Epic is offering huge lump sums for a lot of games that are - lets be honest - low value products, these days.

I mean, Epic paid $350K for LIMBO, which is a game that (according to Steam DB) sells for $1.49 on sale, which is what I assume most people are paying for the game these days. So, $350K, divided by $1.04 (steam takes a 30% cut), and LIMBO would need to sell 333,000 copies at sale price, just to get the same amount of money that Epic is offering to just give them. Even at full price ($10), they'd need to sell 50,000 copies. I just don't think the game has the legs for either of those figures, anymore.

Perfect World somehow even managed to negotiate $150K out of Torchlight 1, of all things.

Hell, I've never even heard of Axiom Verge, Stories Untold, RIME, Last Day of June, GNOG, The End is Nigh, Canary, or Everything, yet between them, they managed to get a $1,050,000 payout from Epic.

A lot of these are old games, or unknown games, and Epic is just willing to give them money. I'd sell out, too.
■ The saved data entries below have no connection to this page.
//! What is read of the declarations of a context: lists are lent. Of a number that isn't of the sort asked about there is
//! nothing.

ghost use Rattle.std.specs.Prelude.{◌≡◌, [], None, Some, false, slice_index_or, option_copied, IfOk, IfSome};
ghost use Rattle.ir_trees.specs.Declarations.Declaring.{adt_at, trait_at, bounds_at, impl_at, item_number};
ghost use Rattle.ir_trees.specs.Validity.Held.{definition_held, adt_held, trait_held, bounds_held, if_there};
ghost use Rattle.ir_trees.specs.declared.decl.held.Owner.TheVariants as O;
ghost use Rattle.ir_trees.specs.Syntax.Words.{IsTy, ClauseListFits};
ghost use Rattle.ir_trees.specs.Declarations.Lookups as lookup;
ghost use Rattle.ir_trees.specs.Validity.WellFormed.{TypesFit, SignatureFits, ImplIsGiven, AreGiven};

use crate::decl::context::Cx;
use ir_trees::decl::contents::{
    AdtContents, Bounds, Destructor, Impl, ImplId, LangItem, Sizedness, TraitContents, adt_place,
    bounds_place, trait_place,
};
use ir_trees::decl::definition::{
    AdtFlags, AdtShape, AssocKind, DefinitionKind, FnFlags, TraitFlags,
};
use ir_trees::ir::at::at;
use ir_trees::ir::kinds::{
    AdtId, AliasId, AssocId, Binder, Clause, ClosureId, FnId, FnSig, TraitId, Ty, VarKind,
};
use std::alloc::{AllocError, Global};

impl Cx {
    /// What the definition holds is there.
    #[tactic(auto, using(crate::proofs::Validity::Given::definition_given))]
    fn recall_definition_given(&self, number: u32)
        ensures { IfSome (lookup.definition self.now number) (λ k. AreGiven self.now (definition_held self.now.contents number k)) }
    {
        self.recall_well_formed_table();
    }

    #[tactic(auto, using(crate::proofs::Validity::Given::adt_given))]
    fn recall_adt_given(&self, adt: AdtId)
        ensures { AreGiven self.now (if_there (adt_held (O.Definition adt.0)) (adt_at self.now adt.0)) }
    {
        let _ = self.contents.adts.len();
        self.recall_well_formed_table();
    }

    #[tactic(auto, using(crate::proofs::Validity::Given::trait_given))]
    fn recall_trait_given(&self, of: TraitId)
        ensures { AreGiven self.now (if_there (trait_held (O.Definition of.0)) (trait_at self.now of.0)) }
    {
        let _ = self.contents.traits.len();
        self.recall_well_formed_table();
    }

    #[tactic(auto, using(crate::proofs::Validity::Given::bounds_given))]
    fn recall_bounds_given(&self, alias: AliasId)
        ensures { AreGiven self.now (if_there (bounds_held (O.Definition alias.0)) (bounds_at self.now alias.0)) }
    {
        let _ = self.contents.bounds.len();
        self.recall_well_formed_table();
    }

    #[tactic(auto, using(crate::proofs::Validity::Given::impl_given))]
    fn recall_impl_given(&self, of: ImplId)
        ensures { IfSome (impl_at self.now of) (ImplIsGiven self.now) }
    {
        self.recall_well_formed_table();
    }

    fn definition(&self, number: u32) -> Option<DefinitionKind>
        ensures is { result ≡ lookup.definition self.now number }
        ensures given { IfSome result (λ k. AreGiven self.now (definition_held self.now.contents number k)) }
    {
        self.recall_definition_given(number);
        match at(self.definitions.as_slice(), number as usize) {
            Some(definition) => Some(definition.kind()),
            None => None,
        }
    }

    /// What the data type was declared as.
    pub fn adt_shape(&self, adt: AdtId) -> Option<AdtShape>
        ensures { result ≡ lookup.adt_shape (lookup.definition self.now adt.0) }
    {
        match self.definition(adt.0) {
            Some(DefinitionKind::Adt(shape, _, _)) => Some(shape),
            _ => None,
        }
    }

    /// The flags of the data type.
    pub fn adt_flags(&self, adt: AdtId) -> Option<AdtFlags>
        ensures { result ≡ lookup.adt_flags (lookup.definition self.now adt.0) }
    {
        match self.definition(adt.0) {
            Some(DefinitionKind::Adt(_, flags, _)) => Some(flags),
            _ => None,
        }
    }

    /// The flags of the trait.
    pub fn trait_flags(&self, of: TraitId) -> Option<TraitFlags>
        ensures { result ≡ lookup.trait_flags (lookup.definition self.now of.0) }
    {
        match self.definition(of.0) {
            Some(DefinitionKind::Trait(flags, _)) => Some(flags),
            _ => None,
        }
    }

    /// The trait of the associated item.
    pub fn assoc_trait(&self, assoc: AssocId) -> Option<TraitId>
        ensures { result ≡ lookup.assoc_trait (lookup.definition self.now assoc.0) }
    {
        match self.definition(assoc.0) {
            Some(DefinitionKind::Assoc(of, _, _, _)) => Some(of),
            _ => None,
        }
    }

    /// What the associated item is.
    pub fn assoc_kind(&self, assoc: AssocId) -> Option<AssocKind>
        ensures { result ≡ lookup.assoc_kind (lookup.definition self.now assoc.0) }
    {
        match self.definition(assoc.0) {
            Some(DefinitionKind::Assoc(_, kind, _, _)) => Some(kind),
            _ => None,
        }
    }

    /// Whether the associated item requires that `Self` is sized.
    pub fn requires_sized_self(&self, assoc: AssocId) -> bool
        ensures { result ≡ lookup.requires_sized_self (lookup.definition self.now assoc.0) }
    {
        match self.definition(assoc.0) {
            Some(DefinitionKind::Assoc(_, _, sized, _)) => sized,
            _ => false,
        }
    }

    /// The type that the opaque type hides.
    #[tactic(auto, using(crate::proofs::Validity::Given::hidden_fits))]
    pub fn hidden_type(&self, opaque: AliasId) -> Option<Ty>
        ensures is { result ≡ lookup.hidden_type (lookup.definition self.now opaque.0) }
        ensures sort { IfSome result (λ t. IsTy self.now.trees t) }
    {
        match self.definition(opaque.0) {
            Some(DefinitionKind::Opaque(hidden, _)) => Some(hidden),
            _ => None,
        }
    }

    /// The flags of the function.
    pub fn fn_flags(&self, function: FnId) -> Option<FnFlags>
        ensures { result ≡ lookup.fn_flags (lookup.definition self.now function.0) }
    {
        match self.definition(function.0) {
            Some(DefinitionKind::Function(flags, _)) => Some(flags),
            _ => None,
        }
    }

    /// The signature of the function, under its binder.
    #[tactic(auto, using(crate::proofs::Validity::Given::sig_fits))]
    pub fn fn_sig(&self, function: FnId) -> Option<Binder<FnSig>>
        ensures is { result ≡ lookup.fn_sig (lookup.definition self.now function.0) }
        ensures fit { IfSome result (λ s. SignatureFits self.now.trees s) }
    {
        match self.definition(function.0) {
            Some(DefinitionKind::Function(_, sig)) => Some(sig),
            _ => None,
        }
    }

    /// Whether the closure can be called where a constant is computed.
    pub fn closure_is_const(&self, closure: ClosureId) -> bool
        ensures { result ≡ lookup.is_const_closure (lookup.definition self.now closure.0) }
    {
        match self.definition(closure.0) {
            Some(DefinitionKind::Closure(is_const)) => is_const,
            _ => false,
        }
    }

    fn adt(&self, adt: AdtId) -> Option<&AdtContents>
        ensures is { option_copied result ≡ adt_at self.now adt.0 }
        ensures given { AreGiven self.now (if_there (adt_held (O.Definition adt.0)) (option_copied result)) }
    {
        self.recall_adt_given(adt);
        let place = adt_place(self.definitions.as_slice(), adt);
        at(self.contents.adts.as_slice(), place)
    }

    fn trait_contents(&self, of: TraitId) -> Option<&TraitContents>
        ensures is { option_copied result ≡ trait_at self.now of.0 }
        ensures given { AreGiven self.now (if_there (trait_held (O.Definition of.0)) (option_copied result)) }
    {
        self.recall_trait_given(of);
        let place = trait_place(self.definitions.as_slice(), of);
        at(self.contents.traits.as_slice(), place)
    }

    fn bounds(&self, alias: AliasId) -> Option<&Bounds>
        ensures is { option_copied result ≡ bounds_at self.now alias.0 }
        ensures given { AreGiven self.now (if_there (bounds_held (O.Definition alias.0)) (option_copied result)) }
    {
        self.recall_bounds_given(alias);
        let place = bounds_place(self.definitions.as_slice(), alias);
        at(self.contents.bounds.as_slice(), place)
    }

    /// The impl as it was declared: its header, what it says of its trait, and its clauses, each list in order.
    pub fn impl_contents(&self, of: ImplId) -> Option<&Impl>
        ensures is { option_copied result ≡ impl_at self.now of }
        ensures given { IfSome (option_copied result) (ImplIsGiven self.now) }
    {
        self.recall_impl_given(of);
        at(self.contents.impls.as_slice(), of.0 as usize)
    }

    /// The kinds of the impl's parameters, in order. The only error is a refused growth.
    pub fn impl_parameters(&self, alloc: Global, of: ImplId) -> Result<Vec<VarKind>, AllocError>
        ensures { IfOk result (λ v. v.items ≡ lookup.maybe [] (λ i. i.parameters) (impl_at self.now of)) }
    {
        match self.impl_contents(of) {
            Some(contents) => contents.parameters.kinds(alloc),
            None => Ok(Vec::new(alloc)),
        }
    }

    /// The types of the fields of the data type, in order.
    #[tactic(auto, using(crate::proofs::Validity::Given::fields_fit))]
    pub fn fields(&self, adt: AdtId) -> &[Ty]
        ensures is { result.now ≡ lookup.maybe [] (λ a. a.fields) (adt_at self.now adt.0) }
        ensures fit { TypesFit self.now.trees result.now }
    {
        match self.adt(adt) {
            Some(contents) => contents.fields.as_slice(),
            None => &[],
        }
    }

    /// The type that has to be sized, in this sense, for the data type to be, if one was said.
    #[tactic(auto, using(crate::proofs::Validity::Given::constraint_fits))]
    pub fn sizedness_constraint(&self, adt: AdtId, sizedness: Sizedness) -> Option<Ty>
        ensures is { result ≡ lookup.maybe None (lookup.constraint sizedness) (adt_at self.now adt.0) }
        ensures sort { IfSome result (λ t. IsTy self.now.trees t) }
    {
        match self.adt(adt) {
            Some(contents) => match sizedness {
                Sizedness::Sized => contents.sized,
                Sizedness::MetaSized => contents.meta_sized,
            },
            None => None,
        }
    }

    /// The destructor of the data type, if it has one of its own.
    pub fn destructor(&self, adt: AdtId) -> Option<Destructor>
        ensures { result ≡ lookup.maybe None (λ a. a.destructor) (adt_at self.now adt.0) }
    {
        match self.adt(adt) {
            Some(contents) => contents.destructor,
            None => None,
        }
    }

    /// The numbers of the parameters that change where the data type is unsized, as they were said.
    pub fn unsizing_parameters(&self, adt: AdtId) -> &[u32]
        ensures { result.now ≡ lookup.maybe [] (λ a. a.unsizing) (adt_at self.now adt.0) }
    {
        match self.adt(adt) {
            Some(contents) => contents.unsizing.as_slice(),
            None => &[],
        }
    }

    /// The super clauses of the trait, in order.
    #[tactic(auto, using(crate::proofs::Validity::Given::supers_fit))]
    pub fn super_clauses(&self, of: TraitId) -> &[Clause]
        ensures is { result.now ≡ lookup.maybe [] (λ a. a.supers) (trait_at self.now of.0) }
        ensures fit { ClauseListFits self.now.trees result.now }
    {
        match self.trait_contents(of) {
            Some(contents) => contents.supers.as_slice(),
            None => &[],
        }
    }

    /// The where clauses of the trait, in order.
    #[tactic(auto, using(crate::proofs::Validity::Given::wheres_fit))]
    pub fn trait_where_clauses(&self, of: TraitId) -> &[Clause]
        ensures is { result.now ≡ lookup.maybe [] (λ a. a.wheres) (trait_at self.now of.0) }
        ensures fit { ClauseListFits self.now.trees result.now }
    {
        match self.trait_contents(of) {
            Some(contents) => contents.wheres.as_slice(),
            None => &[],
        }
    }

    /// The associated items of the trait, in the order of their declaration.
    pub fn associated_items(&self, of: TraitId) -> &[AssocId]
        ensures { result.now ≡ lookup.maybe [] (λ a. a.items) (trait_at self.now of.0) }
    {
        match self.trait_contents(of) {
            Some(contents) => contents.items.as_slice(),
            None => &[],
        }
    }

    /// The impls of the trait, in the order of their declaration.
    pub fn impls_of(&self, of: TraitId) -> &[ImplId]
        ensures { result.now ≡ lookup.maybe [] (λ a. a.impls) (trait_at self.now of.0) }
    {
        match self.trait_contents(of) {
            Some(contents) => contents.impls.as_slice(),
            None => &[],
        }
    }

    /// The bounds of the associated type or opaque type itself, in order.
    #[tactic(auto, using(crate::proofs::Validity::Given::self_bounds_fit))]
    pub fn self_bounds(&self, alias: AliasId) -> &[Clause]
        ensures is { result.now ≡ lookup.maybe [] (λ a. a.self_bounds) (bounds_at self.now alias.0) }
        ensures fit { ClauseListFits self.now.trees result.now }
    {
        match self.bounds(alias) {
            Some(contents) => contents.self_bounds.as_slice(),
            None => &[],
        }
    }

    /// The bounds of the alias that it is a projection of, in order.
    #[tactic(auto, using(crate::proofs::Validity::Given::non_self_bounds_fit))]
    pub fn non_self_bounds(&self, alias: AliasId) -> &[Clause]
        ensures is { result.now ≡ lookup.maybe [] (λ a. a.non_self_bounds) (bounds_at self.now alias.0) }
        ensures fit { ClauseListFits self.now.trees result.now }
    {
        match self.bounds(alias) {
            Some(contents) => contents.non_self_bounds.as_slice(),
            None => &[],
        }
    }

    /// The trait that is the lang item, if one is.
    pub fn lang_item(&self, item: LangItem) -> Option<TraitId>
        ensures { result ≡ slice_index_or self.now.contents.lang_items (item_number item) None }
    {
        self.contents.lang_items[item.number()]
    }
}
As for Epic - well, they are definitely achieving their goal of getting users - but at what cost? Recent reports are showing that the EGS is basically haemorrhaging money, and another document revealed that only 7% of EGS users have actually bought a product from the store. But at this point, im not even sure that Epic is in this for the profit, and is just trying to prove a point - and between Unreal Engine royalties, and Fortnite, I'm sure they can more than cover this vanity project.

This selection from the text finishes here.